*** Given data Section Begins ***
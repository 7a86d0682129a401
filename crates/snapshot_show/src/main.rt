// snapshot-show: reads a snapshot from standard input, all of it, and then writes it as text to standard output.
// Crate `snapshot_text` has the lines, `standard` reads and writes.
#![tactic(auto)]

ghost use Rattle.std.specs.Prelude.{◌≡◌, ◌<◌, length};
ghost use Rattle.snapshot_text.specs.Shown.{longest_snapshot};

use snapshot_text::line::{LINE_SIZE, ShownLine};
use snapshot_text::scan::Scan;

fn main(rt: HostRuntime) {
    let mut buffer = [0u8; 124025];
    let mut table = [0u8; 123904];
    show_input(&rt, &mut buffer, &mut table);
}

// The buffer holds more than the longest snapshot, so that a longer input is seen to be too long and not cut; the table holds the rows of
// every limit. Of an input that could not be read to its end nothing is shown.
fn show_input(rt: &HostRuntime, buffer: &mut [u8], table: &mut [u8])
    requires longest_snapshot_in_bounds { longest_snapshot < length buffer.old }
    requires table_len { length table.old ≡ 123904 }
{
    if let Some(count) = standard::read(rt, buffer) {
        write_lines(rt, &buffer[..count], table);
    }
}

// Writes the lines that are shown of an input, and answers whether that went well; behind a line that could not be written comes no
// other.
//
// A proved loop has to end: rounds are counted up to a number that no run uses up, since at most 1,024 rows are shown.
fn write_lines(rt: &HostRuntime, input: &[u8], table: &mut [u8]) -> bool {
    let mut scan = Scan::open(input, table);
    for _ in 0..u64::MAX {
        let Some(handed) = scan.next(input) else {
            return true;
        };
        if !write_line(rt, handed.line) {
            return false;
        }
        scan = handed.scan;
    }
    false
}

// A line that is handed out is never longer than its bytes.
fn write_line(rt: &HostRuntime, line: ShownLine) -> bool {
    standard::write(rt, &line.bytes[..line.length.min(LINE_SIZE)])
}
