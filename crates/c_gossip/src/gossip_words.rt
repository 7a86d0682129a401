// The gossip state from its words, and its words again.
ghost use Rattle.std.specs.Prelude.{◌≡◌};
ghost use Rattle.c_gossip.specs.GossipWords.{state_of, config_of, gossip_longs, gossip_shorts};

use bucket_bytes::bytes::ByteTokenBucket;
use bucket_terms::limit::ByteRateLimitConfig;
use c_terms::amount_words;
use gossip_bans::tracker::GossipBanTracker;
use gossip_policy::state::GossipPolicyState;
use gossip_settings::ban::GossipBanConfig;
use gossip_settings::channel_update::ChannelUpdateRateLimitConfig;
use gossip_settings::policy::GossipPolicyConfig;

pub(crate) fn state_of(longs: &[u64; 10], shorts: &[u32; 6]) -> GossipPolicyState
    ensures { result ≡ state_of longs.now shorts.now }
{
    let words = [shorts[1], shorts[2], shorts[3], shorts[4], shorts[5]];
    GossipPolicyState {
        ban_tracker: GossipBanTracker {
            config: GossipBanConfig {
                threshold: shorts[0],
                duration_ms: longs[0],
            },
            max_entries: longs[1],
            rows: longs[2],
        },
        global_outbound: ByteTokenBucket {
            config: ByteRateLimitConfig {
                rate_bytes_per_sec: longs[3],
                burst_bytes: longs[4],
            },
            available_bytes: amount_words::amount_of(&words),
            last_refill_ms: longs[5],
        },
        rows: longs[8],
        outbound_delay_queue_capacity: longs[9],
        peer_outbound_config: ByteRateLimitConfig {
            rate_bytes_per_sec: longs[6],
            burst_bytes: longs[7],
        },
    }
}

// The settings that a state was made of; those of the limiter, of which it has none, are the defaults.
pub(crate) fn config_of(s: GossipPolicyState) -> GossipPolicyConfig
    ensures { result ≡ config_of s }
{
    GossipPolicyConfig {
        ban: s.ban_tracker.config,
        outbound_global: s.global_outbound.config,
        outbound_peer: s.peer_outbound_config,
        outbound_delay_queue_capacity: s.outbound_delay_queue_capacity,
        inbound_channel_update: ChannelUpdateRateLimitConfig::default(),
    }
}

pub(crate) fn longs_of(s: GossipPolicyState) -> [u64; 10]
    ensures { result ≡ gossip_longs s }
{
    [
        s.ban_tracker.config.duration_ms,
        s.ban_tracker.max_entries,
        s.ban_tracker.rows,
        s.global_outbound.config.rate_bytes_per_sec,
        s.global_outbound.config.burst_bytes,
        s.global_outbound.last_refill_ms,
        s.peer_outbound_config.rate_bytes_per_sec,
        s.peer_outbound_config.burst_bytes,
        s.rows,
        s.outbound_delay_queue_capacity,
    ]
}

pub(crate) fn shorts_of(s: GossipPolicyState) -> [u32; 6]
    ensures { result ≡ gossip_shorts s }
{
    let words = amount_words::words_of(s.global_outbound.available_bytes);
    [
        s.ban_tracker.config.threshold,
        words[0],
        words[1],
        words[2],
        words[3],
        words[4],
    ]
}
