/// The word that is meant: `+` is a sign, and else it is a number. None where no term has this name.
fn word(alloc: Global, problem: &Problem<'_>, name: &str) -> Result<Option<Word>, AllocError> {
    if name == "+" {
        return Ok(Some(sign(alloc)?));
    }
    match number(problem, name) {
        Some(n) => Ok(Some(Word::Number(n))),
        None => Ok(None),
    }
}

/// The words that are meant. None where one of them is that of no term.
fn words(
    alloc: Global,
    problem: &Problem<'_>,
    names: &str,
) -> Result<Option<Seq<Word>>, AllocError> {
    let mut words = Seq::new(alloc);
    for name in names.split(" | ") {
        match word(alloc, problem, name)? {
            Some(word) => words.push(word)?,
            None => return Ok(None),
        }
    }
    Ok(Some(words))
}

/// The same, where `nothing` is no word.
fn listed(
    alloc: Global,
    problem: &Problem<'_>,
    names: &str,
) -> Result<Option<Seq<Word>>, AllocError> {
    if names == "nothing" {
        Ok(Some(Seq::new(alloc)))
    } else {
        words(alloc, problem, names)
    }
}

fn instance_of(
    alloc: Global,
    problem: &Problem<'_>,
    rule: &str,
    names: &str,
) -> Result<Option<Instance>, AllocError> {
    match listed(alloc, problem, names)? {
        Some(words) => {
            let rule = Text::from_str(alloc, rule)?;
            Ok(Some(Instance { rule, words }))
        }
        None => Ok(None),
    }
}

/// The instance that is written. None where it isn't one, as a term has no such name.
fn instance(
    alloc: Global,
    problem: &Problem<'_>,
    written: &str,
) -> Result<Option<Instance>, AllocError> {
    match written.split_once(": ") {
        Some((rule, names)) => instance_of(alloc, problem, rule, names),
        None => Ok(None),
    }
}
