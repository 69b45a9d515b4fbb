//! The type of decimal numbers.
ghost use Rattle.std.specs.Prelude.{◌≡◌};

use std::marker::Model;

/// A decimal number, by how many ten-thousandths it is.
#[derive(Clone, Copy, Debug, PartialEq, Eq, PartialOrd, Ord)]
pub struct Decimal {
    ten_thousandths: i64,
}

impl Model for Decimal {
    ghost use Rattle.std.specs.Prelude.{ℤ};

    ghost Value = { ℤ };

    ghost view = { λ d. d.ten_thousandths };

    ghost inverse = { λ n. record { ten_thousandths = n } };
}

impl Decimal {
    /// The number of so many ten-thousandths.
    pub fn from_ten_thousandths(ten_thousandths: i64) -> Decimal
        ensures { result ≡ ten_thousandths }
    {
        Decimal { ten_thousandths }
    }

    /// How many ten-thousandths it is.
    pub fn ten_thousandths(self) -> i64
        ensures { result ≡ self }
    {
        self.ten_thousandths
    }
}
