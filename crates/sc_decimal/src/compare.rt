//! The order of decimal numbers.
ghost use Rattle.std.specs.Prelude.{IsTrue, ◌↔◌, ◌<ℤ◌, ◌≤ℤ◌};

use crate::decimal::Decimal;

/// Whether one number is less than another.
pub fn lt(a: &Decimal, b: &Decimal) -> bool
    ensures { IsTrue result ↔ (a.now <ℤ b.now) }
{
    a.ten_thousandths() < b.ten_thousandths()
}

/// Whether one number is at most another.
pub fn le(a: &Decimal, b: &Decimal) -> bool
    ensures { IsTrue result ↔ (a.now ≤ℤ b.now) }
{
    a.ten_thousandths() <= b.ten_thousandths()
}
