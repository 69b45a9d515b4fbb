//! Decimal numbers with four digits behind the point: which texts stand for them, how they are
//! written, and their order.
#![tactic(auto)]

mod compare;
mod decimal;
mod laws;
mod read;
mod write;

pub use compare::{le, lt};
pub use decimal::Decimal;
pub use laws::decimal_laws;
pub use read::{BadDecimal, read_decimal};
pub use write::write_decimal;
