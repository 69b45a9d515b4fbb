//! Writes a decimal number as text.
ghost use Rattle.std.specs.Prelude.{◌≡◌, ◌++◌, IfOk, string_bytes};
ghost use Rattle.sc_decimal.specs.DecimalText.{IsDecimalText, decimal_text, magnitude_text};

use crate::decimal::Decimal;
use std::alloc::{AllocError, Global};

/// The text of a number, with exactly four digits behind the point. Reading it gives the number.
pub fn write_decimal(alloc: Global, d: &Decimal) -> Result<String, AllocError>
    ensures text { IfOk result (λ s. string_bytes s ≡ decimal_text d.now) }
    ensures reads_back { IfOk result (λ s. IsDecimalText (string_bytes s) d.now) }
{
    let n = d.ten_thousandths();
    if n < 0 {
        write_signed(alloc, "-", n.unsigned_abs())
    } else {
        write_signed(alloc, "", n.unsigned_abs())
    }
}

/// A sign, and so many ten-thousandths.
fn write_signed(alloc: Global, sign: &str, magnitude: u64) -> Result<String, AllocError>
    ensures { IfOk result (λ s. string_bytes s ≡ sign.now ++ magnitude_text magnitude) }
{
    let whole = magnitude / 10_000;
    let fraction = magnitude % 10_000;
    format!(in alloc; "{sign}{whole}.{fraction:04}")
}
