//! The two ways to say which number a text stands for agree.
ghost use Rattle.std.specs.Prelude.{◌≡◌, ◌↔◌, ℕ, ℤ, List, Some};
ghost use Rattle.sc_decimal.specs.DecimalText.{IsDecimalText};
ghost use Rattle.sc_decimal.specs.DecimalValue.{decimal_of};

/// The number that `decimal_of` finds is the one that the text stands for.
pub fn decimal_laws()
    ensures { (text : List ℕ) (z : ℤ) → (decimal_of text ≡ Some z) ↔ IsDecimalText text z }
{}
*** Given data Section Ends ***
*** Given data Section Begins ***
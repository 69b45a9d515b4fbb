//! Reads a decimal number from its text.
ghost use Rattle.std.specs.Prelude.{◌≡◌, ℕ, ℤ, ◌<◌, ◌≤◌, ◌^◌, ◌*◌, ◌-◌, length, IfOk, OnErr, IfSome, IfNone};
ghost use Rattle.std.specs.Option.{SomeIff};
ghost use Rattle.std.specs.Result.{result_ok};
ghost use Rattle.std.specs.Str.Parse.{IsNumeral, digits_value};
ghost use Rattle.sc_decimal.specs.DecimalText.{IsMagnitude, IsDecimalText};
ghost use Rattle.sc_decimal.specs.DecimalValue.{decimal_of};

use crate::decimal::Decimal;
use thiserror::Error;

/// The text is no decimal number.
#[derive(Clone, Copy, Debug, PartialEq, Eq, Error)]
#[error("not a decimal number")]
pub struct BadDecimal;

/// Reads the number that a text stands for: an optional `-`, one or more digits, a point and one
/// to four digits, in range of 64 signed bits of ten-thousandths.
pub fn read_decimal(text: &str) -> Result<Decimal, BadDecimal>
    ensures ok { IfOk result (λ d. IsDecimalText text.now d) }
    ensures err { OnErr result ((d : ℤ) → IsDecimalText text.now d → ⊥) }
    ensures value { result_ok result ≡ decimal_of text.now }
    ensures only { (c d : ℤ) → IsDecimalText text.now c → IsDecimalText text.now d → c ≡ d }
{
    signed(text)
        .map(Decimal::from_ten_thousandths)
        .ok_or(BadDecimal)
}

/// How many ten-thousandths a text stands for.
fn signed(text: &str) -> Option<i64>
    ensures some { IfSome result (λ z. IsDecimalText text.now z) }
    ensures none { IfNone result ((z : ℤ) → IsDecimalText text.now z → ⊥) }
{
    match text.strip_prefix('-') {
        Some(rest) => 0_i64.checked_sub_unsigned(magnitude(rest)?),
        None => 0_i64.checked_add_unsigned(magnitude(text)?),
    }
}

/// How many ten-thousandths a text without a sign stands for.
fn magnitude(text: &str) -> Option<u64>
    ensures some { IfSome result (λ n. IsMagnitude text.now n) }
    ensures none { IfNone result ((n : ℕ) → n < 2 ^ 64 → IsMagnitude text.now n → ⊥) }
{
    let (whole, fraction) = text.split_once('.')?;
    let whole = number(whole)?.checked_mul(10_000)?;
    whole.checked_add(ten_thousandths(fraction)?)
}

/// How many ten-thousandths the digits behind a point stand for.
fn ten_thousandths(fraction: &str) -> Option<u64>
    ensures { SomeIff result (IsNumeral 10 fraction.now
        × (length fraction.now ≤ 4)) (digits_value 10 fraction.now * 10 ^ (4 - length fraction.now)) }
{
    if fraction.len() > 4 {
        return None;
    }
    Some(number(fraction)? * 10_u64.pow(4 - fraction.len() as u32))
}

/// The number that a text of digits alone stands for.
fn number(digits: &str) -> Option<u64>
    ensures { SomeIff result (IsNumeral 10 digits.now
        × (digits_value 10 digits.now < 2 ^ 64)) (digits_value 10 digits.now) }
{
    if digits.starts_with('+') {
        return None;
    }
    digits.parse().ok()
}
*** Given data Section Ends ***
■ Exercise aim ■
Your answer should be a single number: how many lines in the preceding entries contain "AllocError".

■ Answer to the problem ■
8